All that’s about to change. Because up there on the remote mountaintop they have one of those life experiences that I described at the beginning – a psychological moment that turns their life and everything they’ve ever stood for on its head. And what happens in essence is that, for the first time, they see Jesus in proper context. So far, they’ve seen him as a spiritual master, a freedom fighter, and perhaps a national leader in waiting – that much is clear from the Gospel accounts. And they’ve taken pride, not always of the best sort, in their own status as his inner circle of trusted lieutenants.

But now something happens to make those blinkers of cliquish pride and self-interest fall from their eyes. And in that moment of blinding vision, they understand that Jesus is nothing less than the culmination of Israel’s history: that God is now present in a way that the Law of Moses could only hint at; present in a way that the great prophets like Elijah always looked forward to. And in that same moment, they perceive the revised life plan to which God is calling them: no longer just minions of a regional cult figure, but Apostles who will carry this astonishing and universal truth out into the world.

So, if we could look back in time, what would we see happening? A true miracle visible to anyone in the vicinity? Or three men lost in the throes of a mystical vision? Or was it simply a psychological quantum leap recounted in religious language? Opinions differ. But whichever view we take, supernatural or mystical or scientific, the Transfiguration has a vital relevance to the weeks ahead of us.

This coming week sees the beginning of Lent – the weeks of spiritual preparation leading up to Easter. For many people it will involve making some kind of sacrifice. This has traditionally taken the form of fasting, but I know people whose Lenten devotion involves giving up alcohol or smoking or television or the use of their mobile phone or even social networking sites like Facebook and Twitter. The point is that for a few weeks we give up something that makes us feel satisfied, something we have come to depend on for our comfort and relaxation.  And we do our best to replace that familiar source of comfort with something more reflective and life-enhancing.

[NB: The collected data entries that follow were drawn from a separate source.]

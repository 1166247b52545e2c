//! How the tables are made.
ghost use Rattle.std.specs.Prelude.{◌≡◌, ℕ, ◌<◌, ◌≤◌, length, take, None, slice_index, slice_index_or};
ghost use Rattle.sheets.specs.Classes.{states, class};
ghost use Rattle.sheets.specs.Links.{Linked};
ghost use Rattle.sheets.specs.Members.{partition, held};
ghost use Rattle.sheets.specs.Slots.{content, no_number};
ghost use Rattle.sheets.specs.Tables.{table_classes};

use super::Members;
use crate::sheet::Sheet;
use crate::slot::Slot;
use rules::list::MOST_STATES;

/// Copies the classes of the first `n` states.
fn copy_classes<S: Sheet>(sheet: &S, n: u16, table: &mut [u16])
    requires room { n ≤ length table.old }
    requires known { n ≤ states (S.classes sheet.now) }
    ensures { take n table.new ≡ take n (S.classes sheet.now).of }
{
    for s in 0..n {
        table[s as usize] = sheet.class(s).unwrap();
    }
}

/// Links the members of each class, from the highest state down, so that each list rises. At first every list is empty.
fn link(table: &[u16], n: u16, first: &mut [Slot], after: &mut [Slot])
    requires room { n ≤ length table.now }
    requires long { n ≤ length after.old }
    requires below { (s : ℕ) → s < n → slice_index table.now s < length first.old }
    requires few { n ≤ 4096 }
    requires none { (k : ℕ) → k < length first.old → content (slice_index_or first.old k no_number) ≡ None }
    ensures { Linked (take n table.now) 0 first.new after.new }
{
    for s in (0..n).rev() {
        let class = table[s as usize] as usize;
        after[s as usize] = first[class].replace(s);
    }
}

/// The tables of the first `n` states, which have the first `count` classes.
fn tables<S: Sheet>(sheet: &S, n: u16, count: u16) -> Members
    requires known { n ≤ states (S.classes sheet.now) }
    requires room { n ≤ 4096 }
    requires few { count ≤ n }
    requires below { (s : ℕ) → s < n → class (S.classes sheet.now) s < count }
    ensures { partition result ≡ table_classes count n (S.classes sheet.now).of }
{
    let mut table = [0; MOST_STATES];
    copy_classes(sheet, n, &mut table);
    let none = Slot::empty();
    let mut first = [none; MOST_STATES];
    let mut after = [none; MOST_STATES];
    link(&table, n, &mut first, &mut after);
    Members {
        states: n,
        count,
        table,
        first,
        after,
    }
}

impl Members {
    /// The members of each class of a sheet. A sheet with over 4,096 states, for which the tables have no room, is taken for one without
    /// states.
    pub fn new<S: Sheet>(sheet: &S) -> Self
        ensures { partition result ≡ held (S.classes sheet.now) }
    {
        let n = sheet.states();
        if n as usize <= MOST_STATES {
            tables(sheet, n, sheet.count())
        } else {
            tables(sheet, 0, 0)
        }
    }
}
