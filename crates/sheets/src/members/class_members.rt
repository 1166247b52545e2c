//! The members of a class, one by one.
ghost use Rattle.std.specs.Prelude.{◌≡◌, ◌-◌, true, None};
ghost use Rattle.std.specs.Option.{ForSome};
ghost use Rattle.std.specs.Iterator.{at_most};
ghost use Rattle.rules.specs.Walks.{GoesOn};
ghost use Rattle.sheets.specs.Classes.{member};
ghost use Rattle.sheets.specs.Members.{partition};
ghost use Rattle.sheets.specs.Walks.{behind};

use super::Members;

/// What is left of the members of a class, in rising order.
#[derive(Drop)]
pub struct ClassMembers<'a> {
    members: &'a Members,
    class: u16,
    /// The member that was handed out last.
    last: Option<u16>,
    ghost handed: { ForSome last (λ s. member (partition members.now) class s ≡ true) },
}

impl Members {
    /// The members of the class `k`, in rising order.
    pub fn of_class(&self, k: u16) -> ClassMembers<'_>
        ensures members { result.members.now ≡ self.now }
        ensures class { result.class ≡ k }
        ensures all { result.last ≡ None }
    {
        ClassMembers {
            members: self,
            class: k,
            last: None,
        }
    }
}

impl Iterator for ClassMembers<'_> {
    type Item = u16;

    ghost next_gives = { λ a r b. GoesOn (λ x. member (partition x.members.now) x.class) (λ x. behind x.last) a r b };

    ghost remaining = { λ x. at_most (4096 - behind x.last) };

    fn next(&mut self) -> Option<u16> {
        let next = match self.last {
            None => self.members.first_member(self.class)?,
            Some(s) => self.members.member_after(s)?,
        };
        self.last = Some(next);
        Some(next)
    }
}
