//! Where the parts of a token lie: what a reading finds.
use der::Span;
use index::AlgorithmParts;

/// The imprint field: which digest was stamped, made by which algorithm.
#[derive(Clone, Copy)]
pub struct ImprintParts {
    pub field: Span,
    pub algorithm: AlgorithmParts,
    pub imprint: Span,
}

/// What a token tells, in the contents of its octet string; more may follow the imprint field.
#[derive(Clone, Copy)]
pub struct InfoParts {
    pub whole: Span,
    pub policy: Span,
    pub imprint: ImprintParts,
}
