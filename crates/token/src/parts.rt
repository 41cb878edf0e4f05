//! A token that was read, and what can be at fault with one.
ghost use Rattle.std.specs.Prelude.{◌≡◌};
ghost use Rattle.token.specs.declared.parts.TokenFault.TheVariants.{Message as InMessage};

use crate::located::InfoParts;
use cms::{Message, Signer};
use der::Span;
use message::MessageFault;

/// Where the parts of a token lie: its message, its one signer, and the octet string whose contents tell `info`.
/// Offsets of `info` count from the start of these contents, the others from the start of the token.
#[derive(Clone, Copy)]
pub struct TokenParts {
    pub message: Message,
    pub signer: Signer,
    pub octets: Span,
    pub info: InfoParts,
}

/// What is at fault with a token, the message first.
#[derive(Clone, Copy, Debug, PartialEq, Eq)]
pub enum TokenFault {
    Message(MessageFault),
    /// The contents of its octet string, which begin at `at`; places of the fault count from there.
    Info { at: usize, fault: MessageFault },
}

impl From<MessageFault> for TokenFault {
    ghost from_gives = { λ fault e. e ≡ InMessage fault };

    fn from(fault: MessageFault) -> TokenFault {
        TokenFault::Message(fault)
    }
}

In fact it’s not what we give up that matters, but what we take on in its place. It might involve coming to the Lent course that we’ll be running once again. Or it may be prayer, or some spiritual reading, or just a few minutes each day to be ourselves, to look for the face of Christ and listen for his voice in our own lives. But whatever we choose to do in Lent, we are symbolically following Jesus out into the wilderness of temptation  to share his struggle against the incessant self-serving demands of our human nature. It can be uncomfortable at first, as we become more aware of our weaknesses and failings. But for countless people Lent has changed the whole way they see the world and their place within it for the better.

And in a real sense, the desert of temptation and the mountain of transfiguration go together. We spend so much of our lives on autopilot, getting on with business as usual, that we become blind to Christ’s transforming presence in our lives. But as our reading from 2 Corinthians reminds us, God is always ready to give us “the light of the knowledge of his glory displayed in the face of Christ”. And it’s in making the space to reflect and pray that we open ourselves up to a fresh vision of Christ and new possibilities for our own future. This may take the form of a dramatic spiritual experience. More often it involves some very natural event such as I experienced two decades ago – something that takes us off autopilot for just long enough to hear see and hear things that we’ve been failing to notice.

And one of the most glorious aspects of this story is that we too are being slowly transfigured – the divine spark that lives in each of us will become ever more clearly visible as we follow in his footsteps. And it’s my prayer that this year, Lent will help many of us find the space to discover meet with Jesus in a fresh and life-enhancing way.